Дима держался молодцом. Не орал, не психовал, но и своего не уступал. Спокойно, но твёрдо повторял:

— Мам, я её люблю. Точка.

По лицу видно — злится, но на мать голос не поднимет. Она этого не поймёт. Как не понимает своего мужа, Виктора Павловича. Тот вечно молчит, кивает, поддакивает. Галина Ивановна его придавила, теперь за сына взялась.

— Нет, не передумаю, — бурчал Дима, встречая меня у офиса. — Мам, хватит, я занят.

Я ждала, что свекровь мне позвонит. Ну, знаете, устроит разнос, наорет, пригрозит. Но тишина. Ни звонка, ни смс. «Сдалась, наверное», — думала я, готовя ужин в нашей съёмной однушке. Зря надеялась. Она просто выжидала.

Свадьба прошла как в мечте. Гости, цветы, тёплый вечер на веранде кафе. Свекровь с мужем мило болтали с моими родителями, шутили, поднимали бокалы. Галина Ивановна даже станцевала с моим отцом. Я выдохнула: вроде пронесло.

После банкета мы с Димой уехали на фотосессию к морю. Закат, волны, романтика. Думала, ночь будет волшебной. Но тут телефон Димы затрезвонил. Свекровь. Пьяная в хлам.

— Димочка, умоляю, предохраняйся, — её голос пробивался через динамик. — Ей тридцатник, она небось только о детях и думает. Потерпи годик, сама слиняет.

Настроение — в ноль. Легли спать злые, вымотанные. А ведь она права была: я правда мечтала о ребёнке. О девочке с Димиными глазами, тёмными, как кофе.

Год старались — не получалось. Будто кто сглазил. Я вспоминала слова свекрови и злилась: неужели её нытьё правда всё портит? Чушь, в порчу не верю. Дима тоже хотел малыша.

— Не сдавайся, — подбадривал он, когда я, глотая слёзы, показывала очередной отрицательный тест. — Будет у нас ребёнок, вот увидишь.

И он оказался прав. Через два с половиной года родилась наша Соня. Крохотная, с пушистыми волосиками и громким голосом. Мы с Димой чуть не прыгали от счастья. Он сразу предложил имя:

— Соня, как в «Преступлении и наказании». Люблю эту книгу.

— А как же две Сони в семье? — засмеялась я.

— Ты — моя Солнышко, а она — Сонечка, — подмигнул он.

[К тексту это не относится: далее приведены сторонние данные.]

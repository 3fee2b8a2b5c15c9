// The workers that make a shared kernel's steps.
ghost use Rattle.std.specs.Prelude.{◌≡◌, ◌≤◌, ◌<◌, ◌^◌, true};
ghost use Rattle.sysring.specs.Origins.{AreWorkers, processes_in};

use crate::grouping::{Bound, take_turn};
use crate::session::Origin;
use crate::shared::Shared;
use blocks::Disk;
use kernel::Step;
use model::types::Why;
use ports::Herald;
use std::rt::Clock;
use std::sync::Wait;
use std::thread;
use std::thread::Threads;
use std::time::Duration;

// How many microseconds a worker rests after a round in which nothing moved, since a submission
// wakes nobody: twice as long after each further one, up to the longest.
const SHORTEST_REST: u64 = 50;

const LONGEST_REST: u64 = 5000;

/// What is called outside the kernel's lock, round each step, or round each turn of a process.
pub trait Gate {
    /// A step of this process comes.
    fn before(&self, pid: u32);

    /// A step of this process was made.
    fn after(&self, pid: u32);
}

// The processes of some workers: bit w is set where worker w is among them.
#[derive(Clone, Copy)]
struct Share {
    processes: u32,
    mine: u32,
    workers: u32,
    ghost are: { AreWorkers workers },
}

impl Share {
    ghost use Rattle.std.specs.Prelude.{◌≡◌};

    fn of(processes: u32, mine: u32, workers: u32) -> Share
        requires { AreWorkers workers }
        ensures { result.processes ≡ processes }
    {
        Share {
            processes,
            mine,
            workers,
        }
    }

    fn has(self, pid: u32) -> bool {
        (self.mine >> (pid % self.workers)) & 1 == 1
    }
}

// What a round of steps came to, one of each process.
#[derive(Clone, Copy)]
enum Round {
    // No process goes on any more.
    Over,
    // Each sleeps until another process moves.
    Asleep,
    // None moved, and memory was refused.
    Refused,
    // None moved.
    Quiet,
    // Some moved.
    Busy,
}

// What the steps of a round have in common so far.
#[derive(Clone, Copy)]
struct Steps {
    over: bool,
    asleep: bool,
    moved: bool,
    refused: bool,
}

impl Steps {
    fn none() -> Steps {
        Steps {
            over: true,
            asleep: true,
            moved: false,
            refused: false,
        }
    }

    fn and(self, step: Step) -> Steps {
        Steps {
            over: self.over & is_over(step),
            asleep: self.asleep & is_asleep(step),
            moved: self.moved | is_move(step),
            refused: self.refused | matches!(step, Step::NoMemory),
        }
    }

    fn round(self) -> Round {
        if self.over {
            Round::Over
        } else if self.asleep {
            Round::Asleep
        } else if self.moved {
            Round::Busy
        } else if self.refused {
            Round::Refused
        } else {
            Round::Quiet
        }
    }
}

/// Makes the steps of all processes with so many workers, from 1 to 32, the calling thread among
/// them, until each has answered `ShutDown` or `Halted`. Worker w has the processes whose numbers
/// leave w when divided by the number of workers. The calling thread is worker 0, and has the
/// processes of each worker that can't be started, too.
///
/// By its code, and by no clause: the lock is got anew for each step; a worker waits after a round
/// in which each of its processes sleeps until another one moves, if no step changed anything since;
/// after any other round in which nothing moved it rests for a moment.
pub fn serve<
    D: Disk + Send,
    H: Herald + Send,
    K: Origin<D, H> + Send,
    R: Threads + Wait + Clock + Sync,
    G: Gate + Sync,
>(rt: &R, shared: &Shared<D, H, K>, workers: u32, gate: &G)
    requires { AreWorkers workers }
{
    shared.group_by(rt, None);
    serve_by(rt, shared, workers, gate);
}

/// Makes them, and ends, as `serve`, in an order for large groups of the log. Its workers share all
/// processes and their order, and make turns: a turn makes the steps of one operation under one lock.
///
/// By its code, and by no clause: an operation that stands before its end in the log, with no other
/// open, ends only once another process's one stands there, too. So the group stays open, and blocks
/// that its operations have in common are written once. It is closed, and then all its answers are
/// durable, where no process has an operation for it in a whole round, where the log has no room for
/// one more, or where the bound is reached: so no answer of a group waits for more further ones than
/// the bound has, nor longer than its time and one turn. Two processes go on in turn for some thirty
/// operations, and then the next one comes.
pub fn serve_grouped<
    D: Disk + Send,
    H: Herald + Send,
    K: Origin<D, H> + Send,
    R: Threads + Wait + Clock + Sync,
    G: Gate + Sync,
>(rt: &R, shared: &Shared<D, H, K>, workers: u32, bound: Bound, gate: &G)
    requires { AreWorkers workers }
{
    shared.group_by(rt, Some(bound));
    serve_by(rt, shared, workers, gate);
}

/// Nothing is called round a step.
pub struct NoGate;

impl Gate for NoGate {
    fn before(&self, _pid: u32) {}

    fn after(&self, _pid: u32) {}
}

// Makes them as the one or the other, as `Shared::group_by` has it.
pub(crate) fn serve_as<
    D: Disk + Send,
    H: Herald + Send,
    K: Origin<D, H> + Send,
    R: Threads + Wait + Clock + Sync,
    G: Gate + Sync,
>(rt: &R, shared: &Shared<D, H, K>, workers: u32, gate: &G)
    requires { AreWorkers workers }
{
    match shared.bound(rt) {
        None => serve(rt, shared, workers, gate),
        Some(bound) => serve_grouped(rt, shared, workers, bound, gate),
    }
}

// Makes them by workers on threads of their own.
fn serve_by<
    D: Disk + Send,
    H: Herald + Send,
    K: Origin<D, H> + Send,
    R: Threads + Wait + Clock + Sync,
    G: Gate + Sync,
>(rt: &R, shared: &Shared<D, H, K>, workers: u32, gate: &G)
    requires { AreWorkers workers }
{
    let processes = processes_of(rt, shared);
    shared.serving().wake(u32::MAX >> (32 - workers));
    thread::scope(
        thread::scope_env(),
        rt,
        |scope|
            requires { AreWorkers workers × (processes ≡ processes_in K.outset) }
        {
            let mut mine = 1u32;
            for worker in 1..workers {
                let theirs = 1u32 << worker;
                let started = scope.spawn(
                    move ||
                        requires { AreWorkers workers × (processes ≡ processes_in K.outset) }
                    {
                        work(rt, shared, Share::of(processes, theirs, workers), gate);
                    },
                );
                if started.is_err() {
                    mine |= theirs;
                }
            }
            work(rt, shared, Share::of(processes, mine, workers), gate);
        },
    );
}

// How many processes there are.
fn processes_of<D: Disk, H: Herald, K: Origin<D, H>, R: Wait>(
    rt: &R,
    shared: &Shared<D, H, K>,
) -> u32
    ensures { result ≡ processes_in K.outset }
{
    shared.lock(rt).kernel().processes() as u32
}

// Makes rounds of steps of these processes, until none of them goes on.
fn work<D: Disk, H: Herald, K: Origin<D, H>, R: Wait + Clock, G: Gate>(
    rt: &R,
    shared: &Shared<D, H, K>,
    share: Share,
    gate: &G,
)
    requires { share.processes ≡ processes_in K.outset }
{
    let mut rest = SHORTEST_REST;
    for _ in rt.forever() {
        let seen = shared.changes();
        let round = make_round(rt, shared, share, gate);
        if matches!(round, Round::Busy) {
            shared.serving().count_move();
            rest = SHORTEST_REST;
            continue;
        }
        if matches!(round, Round::Refused) {
            shared.serving().count_refusal();
        }
        shared.serving().rest(share.mine);
        match round {
            Round::Over => return,
            Round::Asleep => shared.wait_past(rt, seen),
            Round::Refused | Round::Quiet | Round::Busy => {
                thread::sleep(rt, Duration::from_micros(rest));
                rest = rest.saturating_mul(2).min(LONGEST_REST);
            }
        }
        shared.serving().wake(share.mine);
    }
}

// Makes a round of steps, or of turns.
fn make_round<D: Disk, H: Herald, K: Origin<D, H>, R: Wait + Clock, G: Gate>(
    rt: &R,
    shared: &Shared<D, H, K>,
    share: Share,
    gate: &G,
) -> Round
    requires { share.processes ≡ processes_in K.outset }
{
    if shared.serving().is_grouped() {
        make_turns(rt, shared, share.processes, gate)
    } else {
        make_steps(rt, shared, share, gate)
    }
}

// Makes as many turns as there are processes, unless another worker makes some. While a group is kept
// open it doesn't rest.
fn make_turns<D: Disk, H: Herald, K: Origin<D, H>, R: Wait + Clock, G: Gate>(
    rt: &R,
    shared: &Shared<D, H, K>,
    processes: u32,
    gate: &G,
) -> Round
    requires { processes ≡ processes_in K.outset }
{
    let Some(mut order) = shared.order().try_lock() else {
        return Round::Quiet;
    };
    let mut steps = Steps::none();
    for _turn in 0..processes {
        let pid = order.pass_on(processes);
        gate.before(pid);
        let step = take_turn(rt, shared, &mut order, processes, pid);
        gate.after(pid);
        steps = steps.and(step);
    }
    if order.is_open() {
        return Round::Busy;
    }
    steps.round()
}

// Makes a step of each of these processes.
fn make_steps<D: Disk, H: Herald, K: Origin<D, H>, R: Wait, G: Gate>(
    rt: &R,
    shared: &Shared<D, H, K>,
    share: Share,
    gate: &G,
) -> Round
    requires { share.processes ≡ processes_in K.outset }
{
    let mut steps = Steps::none();
    for pid in 0..share.processes {
        if !share.has(pid) {
            continue;
        }
        gate.before(pid);
        let step = shared.step(rt, pid);
        gate.after(pid);
        steps = steps.and(step);
    }
    steps.round()
}

fn is_over(step: Step) -> bool {
    matches!(step, Step::ShutDown | Step::Halted)
}

// It waits for another process, and not for its caller.
fn is_asleep(step: Step) -> bool {
    match step {
        Step::Sleeping(why) => why != Why::AnswersFull,
        _ => false,
    }
}

pub(crate) fn is_move(step: Step) -> bool {
    matches!(step, Step::Moved | Step::Answered)
}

Я знала, почему Соня. Дима обожал Достоевского, читал его в школе взахлёб. А пока я рожала, он, как потом медсестра шепнула, мерил шаги в коридоре и бормотал цитаты из книги. Волновался за меня, мой хороший.

После выписки Дима привёз нас домой. На пороге — сюрприз: свекровь с мужем. Разложили на столе пироги, надули шарики. Дима сказал, хотели обрадовать. За два года Галина Ивановна со мной почти не общалась. На звонки не отвечала, в гости не звала. Если я звонила, то трубку брала, только когда Дима был рядом, а потом жаловалась, что «связь барахлит». Я махнула рукой: думала, с рождением внучки она оттает.

Зря. Зачем я себя обманывала? Почему не замечала её колкостей? Сама не знаю. Сонечка поглотила всё моё внимание. Я растворялась в её улыбке, в её крохотных пальчиках.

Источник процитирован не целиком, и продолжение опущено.